Minister: Griechenlands Lebensmittelmarkt hat keine Probleme mit Engpässen

Griechenlands Rohstoff- und Lebensmittelmarkt und seine Lieferkette laufen reibungslos, sagte der Minister für ländliche Entwicklung bei einem außerordentlichen Treffen unter dem Vorsitz von Premierminister Kyriakos Mitsotakis am Montag.

Das Treffen wurde abgehalten, um mögliche Lebensmittel- und Materialknappheit im Rohstoffsektor zu erörtern, die sich aus der russischen Invasion in der Ukraine ergeben könnten.

Darüber hinaus gibt es kein Mangelproblem, sagten Beamte des Ministeriums für ländliche Entwicklung, nachdem sie die Lebensmittelversorgung des Landes, internationale Daten zum Handel mit landwirtschaftlichen Produkten, Materialien und Energie und deren Auswirkungen auf die Produktionskosten untersucht hatten.

Die absolute Warenverfügbarkeit wird auch durch die täglichen Kontakte aller relevanten Minister mit Marktsektoren bestätigt, fügte die Abteilung hinzu. Auch Sonnenblumenöl sei derzeit nicht knapp, heißt es in dem Bericht.

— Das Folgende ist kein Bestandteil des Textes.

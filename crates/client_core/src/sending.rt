//! The messages that a client sends.
ghost use Rattle.std.specs.Prelude.{◌≡◌, ◌≤◌, length, IfOk};
ghost use Rattle.acse_ber.specs.Password.{IsPassword};
ghost use Rattle.xdlms_apdu.specs.Requests.{request_text};
ghost use Rattle.client_core.specs.Texts.{frame_around, aarq_payload, action_payload, request_of, aarq_frame, request_frame, release_frame};

use crate::job::Verb;
use acse_ber::{Conformance, RELEASE_REQUEST, low_level_aarq, write_aarq};
use bitflags::Flags;
use cosem_axdr::Octets;
use std::alloc::{AllocError, Global};
use wrapper_frame::{WrapperFault, frame};
use xdlms_apdu::InvokeId;
use xdlms_apdu::form::NORMAL;
use xdlms_apdu::tag::{ACTION_REQUEST, GET_REQUEST};

// The port of the management client and of the meter's management logical device.
const PORT: u16 = 1;
// The services that the client proposes: GET, SET and ACTION, each with block transfer (IEC
// 62056-5-3, conformance).
const SERVICES: Conformance = Conformance(
    Conformance::BLOCK_TRANSFER_WITH_GET_OR_READ.0
        | Conformance::BLOCK_TRANSFER_WITH_SET_OR_WRITE.0
        | Conformance::BLOCK_TRANSFER_WITH_ACTION.0
        | Conformance::GET.0
        | Conformance::SET.0
        | Conformance::ACTION.0,
);
// The maximum size of an APDU that the client receives, in bytes.
const MAX_RECEIVE_PDU_SIZE: u16 = 1024;
// The invoke-id-and-priority of the request: invoke-id 1, confirmed, high priority.
pub(crate) const INVOKE_ID: InvokeId = InvokeId(0xC1);
// The low byte of the class of the disconnect control (IEC 62056-6-2, class 70).
const DISCONNECT_CONTROL: u8 = 70;
// The byte that says that an ACTION has a parameter.
const PRESENT: u8 = 1;
// The tag of an integer (IEC 62056-5-3, Data, `integer [15]`).
const INTEGER: u8 = 0x0F;
// The value of the parameter of both methods.
const PARAMETER: u8 = 0;
// The GET of control_state, attribute 3 of the disconnect control 0.0.96.3.10.255, without
// selective access.
const STATE_REQUEST: [u8; 13] = [
    GET_REQUEST,
    NORMAL,
    INVOKE_ID.0,
    0,
    DISCONNECT_CONTROL,
    0,
    0,
    96,
    3,
    10,
    255,
    3,
    0,
];

/// Returns the frame of the AARQ, with a password of 1 to 32 bytes.
#[tactic(auto, using(crate::proofs::Passwords::aarq_short), unfolding(crate::specs::Texts::aarq_frame))]
pub fn aarq_frame(alloc: Global, password: &Octets) -> Result<Octets, AllocError>
    requires { IsPassword password.now }
    ensures { IfOk result (λ text. text ≡ aarq_frame password.now) }
{
    let payload = aarq_payload(alloc, password)?;
    frame_around(alloc, payload.as_slice())
}

// Returns the AARQ, with a password of 1 to 32 bytes.
#[tactic(auto, using(crate::proofs::Passwords::aarq_written))]
fn aarq_payload(alloc: Global, password: &Octets) -> Result<Octets, AllocError>
    requires { IsPassword password.now }
    ensures { IfOk result (λ text. text ≡ aarq_payload password.now) }
{
    let aarq = low_level_aarq(
        alloc,
        password.as_slice(),
        SERVICES.bits(),
        MAX_RECEIVE_PDU_SIZE,
    )?;
    write_aarq(alloc, &aarq)
}

/// Returns the frame of a verb's request, whose bytes xdlms_apdu writes for that request too.
#[tactic(auto, unfolding(crate::specs::Texts::request_frame), using(crate::proofs::Requests::request_written))]
pub fn request_frame(alloc: Global, verb: Verb) -> Result<Octets, AllocError>
    ensures text { IfOk result (λ text. text ≡ request_frame verb) }
    ensures request { IfOk result (λ text. text ≡ frame_around (request_text (request_of verb))) }
{
    match verb {
        Verb::Disconnect => frame_around(alloc, &action_payload(1)),
        Verb::Reconnect => frame_around(alloc, &action_payload(2)),
        Verb::ReadState => frame_around(alloc, &STATE_REQUEST),
    }
}

/// Returns the frame that releases the association.
#[tactic(auto, unfolding(crate::specs::Texts::release_frame))]
pub fn release_frame(alloc: Global) -> Result<Octets, AllocError>
    ensures { IfOk result (λ text. text ≡ release_frame) }
{
    frame_around(alloc, &RELEASE_REQUEST)
}

// Returns a payload in a frame from port 1 to port 1.
fn frame_around(alloc: Global, payload: &[u8]) -> Result<Octets, AllocError>
    requires { length payload.now ≤ 1024 }
    ensures { IfOk result (λ text. text ≡ frame_around payload.now) }
{
    match frame(alloc, PORT, PORT, payload) {
        Ok(text) => Ok(text),
        Err(WrapperFault::Memory) => Err(AllocError),
        Err(WrapperFault::Version) => unreachable!(),
        Err(WrapperFault::TooLong) => unreachable!(),
    }
}

// Returns the invocation of a method of the disconnect control, with the parameter integer 0.
fn action_payload(method: u8) -> [u8; 15]
    ensures { result ≡ action_payload method }
{
    [
        ACTION_REQUEST,
        NORMAL,
        INVOKE_ID.0,
        0,
        DISCONNECT_CONTROL,
        0,
        0,
        96,
        3,
        10,
        255,
        method,
        PRESENT,
        INTEGER,
        PARAMETER,
    ]
}
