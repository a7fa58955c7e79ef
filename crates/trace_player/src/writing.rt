//! Writes a whole trace as text, which `read_trace` reads back.
ghost use Rattle.std.specs.Prelude.{◌≡◌, ◌≤◌, ◌++◌, ◌∷◌, [], length, map, Ok, IfOk, OnOk};
ghost use Rattle.relay_recorder.specs.Recording.{max_capacity};
ghost use Rattle.trace_lines.specs.Writing.{event_row};
ghost use Rattle.trace_player.specs.Traces.{max_bytes, trace_of, trace_text};
ghost use Rattle.trace_player.specs.Written.{FitsText};
ghost use Rattle.text_lines.specs.Lines.{rows_text};
ghost use Rattle.text_lines.specs.Words.{line_of};

use crate::ranges::trace_is_read_again;
use cosem_axdr::Octets;
use relay_events::Event;
use relay_recorder::Trace;
use std::alloc::{AllocError, Global};
use text_lines::end_line;
use trace_lines::{write_event, write_event_count};
use trace_openings::write_opening;

// Appends the line of an event, with the byte 0A that ends it.
fn add_event(alloc: Global, out: &mut Vec<u8>, event: &Event) -> Result<(), AllocError>
    ensures { OnOk result (out.new.items ≡ out.old.items ++ line_of (event_row event.now) ++ 10
        ∷ []) }
{
    write_event(alloc, out, event)?;
    end_line(out)
}

// Appends the lines of events.
pub(crate) fn add_events(
    alloc: Global,
    out: &mut Vec<u8>,
    events: &[Event],
) -> Result<(), AllocError>
    ensures { OnOk result (out.new.items ≡ out.old.items ++ rows_text (map event_row events.now)) }
{
    'events: for event in events {
        add_event(alloc, out, event)?;
    }
    Ok(())
}

// Returns the lines of a trace as text.
#[tactic(auto, using(crate::proofs::EventsLeft::text_joined))]
fn write_lines(alloc: Global, trace: &Trace) -> Result<Octets, AllocError>
    ensures { IfOk result (λ text. text ≡ trace_text trace.now) }
{
    let mut out = Vec::new(alloc);
    write_opening(alloc, &mut out, &trace.opening)?;
    write_event_count(&mut out, trace.events.len() as u64)?;
    add_events(alloc, &mut out, trace.events.as_slice())?;
    Ok(Octets::from_vec(out))
}

/// Returns the text of a trace, in version 2. Errors: `AllocError`.
///
/// [`read_trace`](crate::read_trace) reads the text back as the same trace if a core can start from
/// the opening, [`fits_line`](trace_lines::fits_line) accepts each event, there are at most 65,536
/// events, and the text has at most 33,554,432 bytes. The text of at most 1,024 such events is
/// never longer.
pub fn write_trace(alloc: Global, trace: &Trace) -> Result<Octets, AllocError>
    ensures text { IfOk result (λ text. text ≡ trace_text trace.now) }
    ensures read_back { IfOk result (λ text. FitsText trace.now → length text ≤ max_bytes
        → trace_of text ≡ Ok trace.now) }
    ensures within_max { IfOk result (λ text. FitsText trace.now
        → length trace.now.events ≤ max_capacity → length text ≤ max_bytes) }
{
    // (no effect: the contract needs this law)
    trace_is_read_again(trace);
    write_lines(alloc, trace)
}
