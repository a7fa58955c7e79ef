//! Plays the trace of a meter: from the text of an opening and of events, it writes a line for the
//! reply to each event.
//!
//! `read_trace` and `write_trace` read and write the text of a trace. `write_journal` writes one to
//! which the lines of further events may be appended. `play` reads a trace, runs
//! its events on a meter in the state of the opening, and writes a line for each.
#![tactic(auto)]

mod exporting;
mod fault;
mod journal;
mod laws;
mod output;
mod player;
mod playing;
mod ranges;
mod reading;
mod resuming;
mod writing;

pub use exporting::recorder_trace;
pub use fault::PlayFault;
pub use journal::{OPENING_LINES, is_journal, write_journal};
pub use laws::{
    appended_journal_is_read, exported_run_is_played, read_trace_is_written,
    recovered_journal_is_read, torn_tails_have_no_line, written_journal_is_read,
    written_journal_is_whole, written_trace_is_read,
};
pub use player::play;
pub use reading::{MAX_BYTES, read_trace};
pub use relay_recorder::Trace;
pub use resuming::{apply_events, resume_recorder};
pub use trace_words::TraceFault;
pub use writing::write_trace;
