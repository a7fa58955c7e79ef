//! Reads a whole trace from its text: the opening, the number of events, and the events.
ghost use Rattle.std.specs.Prelude.{◌≡◌, ◌<◌, ◌↔◌, length, IfOk, IsErrOf};
ghost use Rattle.wire_bytes.specs.Outcome.{Gives};
ghost use Rattle.relay_core.specs.Opening.{IsFitOpening};
ghost use Rattle.trace_words.specs.Places.{ReadsLines, ended_at};
ghost use Rattle.trace_words.specs.declared.fault.TraceFault.TheVariants as trace_fault;
ghost use Rattle.trace_player.specs.Traces.{max_bytes, events_at, trace_from, trace_of};

use relay_events::Events;
use relay_recorder::Trace;
use std::alloc::Global;
use trace_lines::{count_events, next_event};
use trace_openings::read_opening;
use trace_words::{TraceFault, TraceLines, Version};

/// The maximum length of the text of a trace, in bytes.
pub const MAX_BYTES: usize = 33_554_432;

// Reads the events of the next `count` lines.
fn read_events(
    alloc: Global,
    version: Version,
    count: u64,
    lines: &mut TraceLines,
) -> Result<Events, TraceFault>
    ensures { ReadsLines (λ events. events) result lines.new (events_at version count lines.old) }
{
    let mut events = Events::new(alloc);
    'events: for _ in 0..count {
        events.push(next_event(alloc, version, lines)?)?;
    }
    Ok(events)
}

// Returns `trace` if nothing is left of the lines.
#[tactic(auto, using(crate::proofs::Ends::ended_as, crate::proofs::Ends::unended_as))]
fn finish(lines: &TraceLines, trace: Trace) -> Result<Trace, TraceFault>
    ensures ended { result ≡ ended_at lines.now trace }
    ensures same { IfOk result (λ whole. whole ≡ trace) }
{
    match lines.end() {
        Ok(()) => Ok(trace),
        Err(fault) => {
            drop(trace);
            Err(fault)
        }
    }
}

// Reads a trace from its lines.
#[tactic(auto, unfolding(crate::specs::Traces::trace_from))]
fn read_lines(alloc: Global, lines: &mut TraceLines) -> Result<Trace, TraceFault>
    ensures exact { Gives trace_fault.Memory (λ trace. trace) result (trace_from lines.old) }
    ensures fit { IfOk result (λ trace. IsFitOpening trace.opening) }
{
    let (version, opening) = read_opening(alloc, lines)?;
    let read = match count_events(lines) {
        Ok(count) => read_events(alloc, version, count, lines),
        Err(fault) => Err(fault),
    };
    match read {
        Ok(events) => finish(lines, Trace { opening, events }),
        Err(fault) => {
            drop(opening);
            Err(fault)
        }
    }
}

/// Reads the text of a trace, in version 1 or 2. If its line of the number of events is `events -`,
/// the events are all whole lines that follow before the first byte 0, and the text after the last
/// of them is skipped. Errors: `TooLong`; `Line` with the number of the first line that is missing
/// or malformed; `Memory`.
#[tactic(auto, unfolding(crate::specs::Traces::trace_of), using(crate::proofs::Faults::told_too_long))]
pub fn read_trace(alloc: Global, text: &[u8]) -> Result<Trace, TraceFault>
    ensures exact { Gives trace_fault.Memory (λ trace. trace) result (trace_of text.now) }
    ensures fit { IfOk result (λ trace. IsFitOpening trace.opening) }
    ensures too_long { IsErrOf result trace_fault.TooLong ↔ (max_bytes < length text.now) }
{
    if text.len() > MAX_BYTES {
        return Err(TraceFault::TooLong);
    }
    let mut lines = TraceLines::new(text);
    read_lines(alloc, &mut lines)
}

Die Ukraine ist nicht einer der Hauptlieferanten von Getreide nach Griechenland, daher werden ihre Lieferungen an den griechischen Markt ungehindert fortgesetzt.

Beschlossen wurde auch, die Kontrolle über unlautere Handelspraktiken und mögliche Spekulationen zu stärken, schreibt die Agentur. ΑΜΝΑ.

PS Der Minister hatte offenbar keine Antwort auf die Schlüsselfrage: Können sich die Bürger den Kauf von Lebensmitteln leisten, da sich die Preise für einige von ihnen verdoppelt haben und jeden Tag weiter steigen?

Hersteller, die auf dem Bauernmarkt (likes) verkaufen, beklagen, dass sie fast die Hälfte ihrer Kunden verloren haben, obwohl die Preise auf dem Markt viel niedriger sind als in Supermärkten.

Grund dafür seien ein „harter Winter und ein wahnsinniger Kostenanstieg“, weshalb „Landwirtschaftsprodukte“ aus heimischer Produktion kaum noch auf dem Markt zu finden seien, heißt es. Ist es anscheinend billiger, Produkte aus Südamerika und Nordeuropa mitzubringen?